- WHAT YOU HAVE TO DO -
Would you write out the records below exactly as given?

- DATASET EXCERPTS -
▼

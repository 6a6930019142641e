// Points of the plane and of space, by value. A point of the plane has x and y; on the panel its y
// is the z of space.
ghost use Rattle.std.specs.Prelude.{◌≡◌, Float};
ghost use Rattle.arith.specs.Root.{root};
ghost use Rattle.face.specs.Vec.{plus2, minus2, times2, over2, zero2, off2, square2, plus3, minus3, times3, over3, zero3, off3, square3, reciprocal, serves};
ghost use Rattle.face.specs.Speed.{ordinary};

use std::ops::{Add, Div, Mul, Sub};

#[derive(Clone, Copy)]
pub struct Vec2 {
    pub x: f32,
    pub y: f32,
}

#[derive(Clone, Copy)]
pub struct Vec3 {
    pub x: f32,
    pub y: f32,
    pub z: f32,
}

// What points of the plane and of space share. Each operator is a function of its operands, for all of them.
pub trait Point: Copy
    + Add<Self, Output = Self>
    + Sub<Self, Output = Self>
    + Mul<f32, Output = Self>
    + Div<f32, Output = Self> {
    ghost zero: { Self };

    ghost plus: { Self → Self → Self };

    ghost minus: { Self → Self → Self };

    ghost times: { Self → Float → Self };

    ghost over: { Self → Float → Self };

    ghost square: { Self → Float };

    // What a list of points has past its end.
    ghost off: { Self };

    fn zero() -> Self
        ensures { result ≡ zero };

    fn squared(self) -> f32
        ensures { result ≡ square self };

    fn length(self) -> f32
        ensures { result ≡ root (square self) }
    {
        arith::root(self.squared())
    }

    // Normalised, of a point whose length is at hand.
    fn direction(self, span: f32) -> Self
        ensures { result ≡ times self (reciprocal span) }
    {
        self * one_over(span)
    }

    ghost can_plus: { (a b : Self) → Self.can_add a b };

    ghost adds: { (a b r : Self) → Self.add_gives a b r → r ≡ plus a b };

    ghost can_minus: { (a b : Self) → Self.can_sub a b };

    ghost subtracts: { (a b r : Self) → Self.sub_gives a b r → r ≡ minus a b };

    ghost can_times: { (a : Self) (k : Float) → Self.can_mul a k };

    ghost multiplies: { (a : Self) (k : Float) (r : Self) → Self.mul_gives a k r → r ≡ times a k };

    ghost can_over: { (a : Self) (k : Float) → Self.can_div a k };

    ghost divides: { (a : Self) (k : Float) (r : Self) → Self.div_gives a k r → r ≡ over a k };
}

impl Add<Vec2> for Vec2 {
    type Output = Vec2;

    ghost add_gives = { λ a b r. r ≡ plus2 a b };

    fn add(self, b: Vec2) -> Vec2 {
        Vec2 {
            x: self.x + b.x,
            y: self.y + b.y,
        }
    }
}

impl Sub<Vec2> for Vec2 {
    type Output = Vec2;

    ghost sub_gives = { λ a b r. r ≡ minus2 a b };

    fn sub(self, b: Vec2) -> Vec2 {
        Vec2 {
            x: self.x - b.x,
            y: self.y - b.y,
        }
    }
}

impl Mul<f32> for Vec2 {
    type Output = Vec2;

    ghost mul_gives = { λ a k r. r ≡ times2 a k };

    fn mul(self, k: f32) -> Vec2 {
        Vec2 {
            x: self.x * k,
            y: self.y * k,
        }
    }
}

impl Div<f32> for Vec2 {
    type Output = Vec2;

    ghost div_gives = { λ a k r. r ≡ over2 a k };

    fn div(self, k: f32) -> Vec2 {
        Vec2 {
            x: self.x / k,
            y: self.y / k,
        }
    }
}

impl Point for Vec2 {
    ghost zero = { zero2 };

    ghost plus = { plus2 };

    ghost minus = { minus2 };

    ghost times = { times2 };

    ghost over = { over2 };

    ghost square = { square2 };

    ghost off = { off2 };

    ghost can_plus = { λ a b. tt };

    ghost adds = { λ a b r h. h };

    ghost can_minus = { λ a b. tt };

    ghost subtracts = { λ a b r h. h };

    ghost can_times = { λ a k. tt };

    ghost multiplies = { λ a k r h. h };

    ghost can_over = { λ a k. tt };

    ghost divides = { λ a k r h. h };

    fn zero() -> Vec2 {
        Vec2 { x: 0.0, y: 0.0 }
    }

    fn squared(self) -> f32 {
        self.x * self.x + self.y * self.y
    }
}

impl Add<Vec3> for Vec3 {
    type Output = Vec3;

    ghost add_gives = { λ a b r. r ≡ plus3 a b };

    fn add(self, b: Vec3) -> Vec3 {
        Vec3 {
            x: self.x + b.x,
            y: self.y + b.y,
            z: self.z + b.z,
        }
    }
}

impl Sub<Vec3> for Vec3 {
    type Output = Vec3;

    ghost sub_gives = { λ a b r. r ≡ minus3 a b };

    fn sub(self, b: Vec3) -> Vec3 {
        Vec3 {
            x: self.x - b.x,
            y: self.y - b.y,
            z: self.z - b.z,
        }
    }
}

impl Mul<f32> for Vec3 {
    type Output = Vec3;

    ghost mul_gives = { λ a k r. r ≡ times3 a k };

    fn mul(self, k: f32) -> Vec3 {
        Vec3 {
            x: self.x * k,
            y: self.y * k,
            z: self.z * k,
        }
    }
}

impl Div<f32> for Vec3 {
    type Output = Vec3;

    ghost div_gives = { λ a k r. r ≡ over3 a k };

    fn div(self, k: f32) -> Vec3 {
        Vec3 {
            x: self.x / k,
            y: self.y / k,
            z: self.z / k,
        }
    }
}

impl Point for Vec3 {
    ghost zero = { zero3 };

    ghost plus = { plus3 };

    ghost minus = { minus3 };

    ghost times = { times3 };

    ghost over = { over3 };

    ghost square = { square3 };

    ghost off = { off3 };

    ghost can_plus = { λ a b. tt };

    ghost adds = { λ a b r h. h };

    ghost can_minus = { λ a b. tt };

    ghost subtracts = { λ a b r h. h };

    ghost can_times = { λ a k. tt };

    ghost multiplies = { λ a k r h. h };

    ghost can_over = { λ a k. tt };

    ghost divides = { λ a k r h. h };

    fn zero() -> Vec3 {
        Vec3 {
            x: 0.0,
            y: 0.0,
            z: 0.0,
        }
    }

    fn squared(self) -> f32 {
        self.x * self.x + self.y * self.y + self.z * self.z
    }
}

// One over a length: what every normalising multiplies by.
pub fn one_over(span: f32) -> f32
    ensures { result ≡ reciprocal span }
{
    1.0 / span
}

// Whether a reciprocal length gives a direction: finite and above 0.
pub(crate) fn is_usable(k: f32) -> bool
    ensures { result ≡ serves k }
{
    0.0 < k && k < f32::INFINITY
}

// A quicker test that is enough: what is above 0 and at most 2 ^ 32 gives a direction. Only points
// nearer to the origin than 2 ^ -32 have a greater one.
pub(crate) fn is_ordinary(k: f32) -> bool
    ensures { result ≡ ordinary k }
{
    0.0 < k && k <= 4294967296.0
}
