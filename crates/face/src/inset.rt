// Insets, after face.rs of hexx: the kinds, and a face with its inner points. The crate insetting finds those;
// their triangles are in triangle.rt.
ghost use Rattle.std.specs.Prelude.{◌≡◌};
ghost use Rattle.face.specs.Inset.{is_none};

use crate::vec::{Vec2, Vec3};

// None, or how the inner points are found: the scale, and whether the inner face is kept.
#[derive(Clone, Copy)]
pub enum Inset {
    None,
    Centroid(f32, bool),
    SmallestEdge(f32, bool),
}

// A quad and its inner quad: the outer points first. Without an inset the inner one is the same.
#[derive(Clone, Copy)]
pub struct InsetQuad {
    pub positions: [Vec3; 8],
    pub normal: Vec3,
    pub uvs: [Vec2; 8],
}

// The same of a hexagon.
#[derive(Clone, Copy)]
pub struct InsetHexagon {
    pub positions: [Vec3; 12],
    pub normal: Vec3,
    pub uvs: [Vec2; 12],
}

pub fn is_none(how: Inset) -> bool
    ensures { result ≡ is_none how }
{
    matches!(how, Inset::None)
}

▲

- EXERCISE RESPONSE -
repository 6a6930019142641e
// Points of the plane and of space, by value. A point of the plane has x and y; on the panel its y
// is the z of space.
ghost use Rattle.std.specs.Prelude.{◌≡◌, Float};
ghost use Rattle.arith.specs.Root.{root};
ghost use Rattle.face.specs.Vec.{plus2, minus2, times2, over2, zero2, off2, square2, plus3, minus3, times3, over3, zero3, off3, square3, reciprocal, serves};
ghost use Rattle.face.specs.Speed.{ordinary};

use std::ops::{Add, Div, Mul, Sub};

#[derive(Clone, Copy)]
pub struct Vec2 {
    pub x: f32,
    pub y: f32,
}

#[derive(Clone, Copy)]
pub struct Vec3 {
    pub x: f32,
    pub y: f32,
    pub z: f32,
}

// What points of the plane and of space share. Each operator is a function of its operands, for all of them.
pub trait Point: Copy
    + Add<Self, Output = Self>
    + Sub<Self, Output = Self>
    + Mul<f32, Output = Self>
    + Div<f32, Output = Self> {
    ghost zero: { Self };

    ghost plus: { Self → Self → Self };

    ghost minus: { Self → Self → Self };

    ghost times: { Self → Float → Self };

    ghost over: { Self → Float → Self };

    ghost square: { Self → Float };

    // What a list of points has past its end.
    ghost off: { Self };

    fn zero() -> Self
        ensures { result ≡ zero };

    fn squared(self) -> f32
        ensures { result ≡ square self };

    fn length(self) -> f32
        ensures { result ≡ root (square self) }
    {
        arith::root(self.squared())
    }

    // Normalised, of a point whose length is at hand.
    fn direction(self, span: f32) -> Self
        ensures { result ≡ times self (reciprocal span) }
    {
        self * one_over(span)
    }

    ghost can_plus: { (a b : Self) → Self.can_add a b };

    ghost adds: { (a b r : Self) → Self.add_gives a b r → r ≡ plus a b };

    ghost can_minus: { (a b : Self) → Self.can_sub a b };

    ghost subtracts: { (a b r : Self) → Self.sub_gives a b r → r ≡ minus a b };

    ghost can_times: { (a : Self) (k : Float) → Self.can_mul a k };

    ghost multiplies: { (a : Self) (k : Float) (r : Self) → Self.mul_gives a k r → r ≡ times a k };

    ghost can_over: { (a : Self) (k : Float) → Self.can_div a k };

    ghost divides: { (a : Self) (k : Float) (r : Self) → Self.div_gives a k r → r ≡ over a k };
}

impl Add<Vec2> for Vec2 {
    type Output = Vec2;

    ghost add_gives = { λ a b r. r ≡ plus2 a b };

    fn add(self, b: Vec2) -> Vec2 {
        Vec2 {
            x: self.x + b.x,
            y: self.y + b.y,
        }
    }
}

impl Sub<Vec2> for Vec2 {
    type Output = Vec2;

    ghost sub_gives = { λ a b r. r ≡ minus2 a b };

    fn sub(self, b: Vec2) -> Vec2 {
        Vec2 {
            x: self.x - b.x,
            y: self.y - b.y,
        }
    }
}

impl Mul<f32> for Vec2 {
    type Output = Vec2;

    ghost mul_gives = { λ a k r. r ≡ times2 a k };

    fn mul(self, k: f32) -> Vec2 {
        Vec2 {
            x: self.x * k,
            y: self.y * k,
        }
    }
}

impl Div<f32> for Vec2 {
    type Output = Vec2;

    ghost div_gives = { λ a k r. r ≡ over2 a k };

    fn div(self, k: f32) -> Vec2 {
        Vec2 {
            x: self.x / k,
            y: self.y / k,
        }
    }
}

impl Point for Vec2 {
    ghost zero = { zero2 };

    ghost plus = { plus2 };

    ghost minus = { minus2 };

    ghost times = { times2 };

    ghost over = { over2 };

    ghost square = { square2 };

    ghost off = { off2 };

    ghost can_plus = { λ a b. tt };

    ghost adds = { λ a b r h. h };

    ghost can_minus = { λ a b. tt };

    ghost subtracts = { λ a b r h. h };

    ghost can_times = { λ a k. tt };

    ghost multiplies = { λ a k r h. h };

    ghost can_over = { λ a k. tt };

    ghost divides = { λ a k r h. h };

    fn zero() -> Vec2 {
        Vec2 { x: 0.0, y: 0.0 }
    }

    fn squared(self) -> f32 {
        self.x * self.x + self.y * self.y
    }
}

impl Add<Vec3> for Vec3 {
    type Output = Vec3;

    ghost add_gives = { λ a b r. r ≡ plus3 a b };

    fn add(self, b: Vec3) -> Vec3 {
        Vec3 {
            x: self.x + b.x,
            y: self.y + b.y,
            z: self.z + b.z,
        }
    }
}

impl Sub<Vec3> for Vec3 {
    type Output = Vec3;

    ghost sub_gives = { λ a b r. r ≡ minus3 a b };

    fn sub(self, b: Vec3) -> Vec3 {
        Vec3 {
            x: self.x - b.x,
            y: self.y - b.y,
            z: self.z - b.z,
        }
    }
}

impl Mul<f32> for Vec3 {
    type Output = Vec3;

    ghost mul_gives = { λ a k r. r ≡ times3 a k };

    fn mul(self, k: f32) -> Vec3 {
        Vec3 {
            x: self.x * k,
            y: self.y * k,
            z: self.z * k,
        }
    }
}

impl Div<f32> for Vec3 {
    type Output = Vec3;

    ghost div_gives = { λ a k r. r ≡ over3 a k };

    fn div(self, k: f32) -> Vec3 {
        Vec3 {
            x: self.x / k,
            y: self.y / k,
            z: self.z / k,
        }
    }
}

impl Point for Vec3 {
    ghost zero = { zero3 };

    ghost plus = { plus3 };

    ghost minus = { minus3 };

    ghost times = { times3 };

    ghost over = { over3 };

    ghost square = { square3 };

    ghost off = { off3 };

    ghost can_plus = { λ a b. tt };

    ghost adds = { λ a b r h. h };

    ghost can_minus = { λ a b. tt };

    ghost subtracts = { λ a b r h. h };

    ghost can_times = { λ a k. tt };

    ghost multiplies = { λ a k r h. h };

    ghost can_over = { λ a k. tt };

    ghost divides = { λ a k r h. h };

    fn zero() -> Vec3 {
        Vec3 {
            x: 0.0,
            y: 0.0,
            z: 0.0,
        }
    }

    fn squared(self) -> f32 {
        self.x * self.x + self.y * self.y + self.z * self.z
    }
}

// One over a length: what every normalising multiplies by.
pub fn one_over(span: f32) -> f32
    ensures { result ≡ reciprocal span }
{
    1.0 / span
}

// Whether a reciprocal length gives a direction: finite and above 0.
pub(crate) fn is_usable(k: f32) -> bool
    ensures { result ≡ serves k }
{
    0.0 < k && k < f32::INFINITY
}

// A quicker test that is enough: what is above 0 and at most 2 ^ 32 gives a direction. Only points
// nearer to the origin than 2 ^ -32 have a greater one.
pub(crate) fn is_ordinary(k: f32) -> bool
    ensures { result ≡ ordinary k }
{
    0.0 < k && k <= 4294967296.0
}
filename crates/face/src/inset.rt
// Insets, after face.rs of hexx: the kinds, and a face with its inner points. The crate insetting finds those;
// their triangles are in triangle.rt.
ghost use Rattle.std.specs.Prelude.{◌≡◌};
ghost use Rattle.face.specs.Inset.{is_none};

use crate::vec::{Vec2, Vec3};

// None, or how the inner points are found: the scale, and whether the inner face is kept.
#[derive(Clone, Copy)]
pub enum Inset {
    None,
    Centroid(f32, bool),
    SmallestEdge(f32, bool),
}

// A quad and its inner quad: the outer points first. Without an inset the inner one is the same.
#[derive(Clone, Copy)]
pub struct InsetQuad {
    pub positions: [Vec3; 8],
    pub normal: Vec3,
    pub uvs: [Vec2; 8],
}

// The same of a hexagon.
#[derive(Clone, Copy)]
pub struct InsetHexagon {
    pub positions: [Vec3; 12],
    pub normal: Vec3,
    pub uvs: [Vec2; 12],
}

pub fn is_none(how: Inset) -> bool
    ensures { result ≡ is_none how }
{
    matches!(how, Inset::None)
}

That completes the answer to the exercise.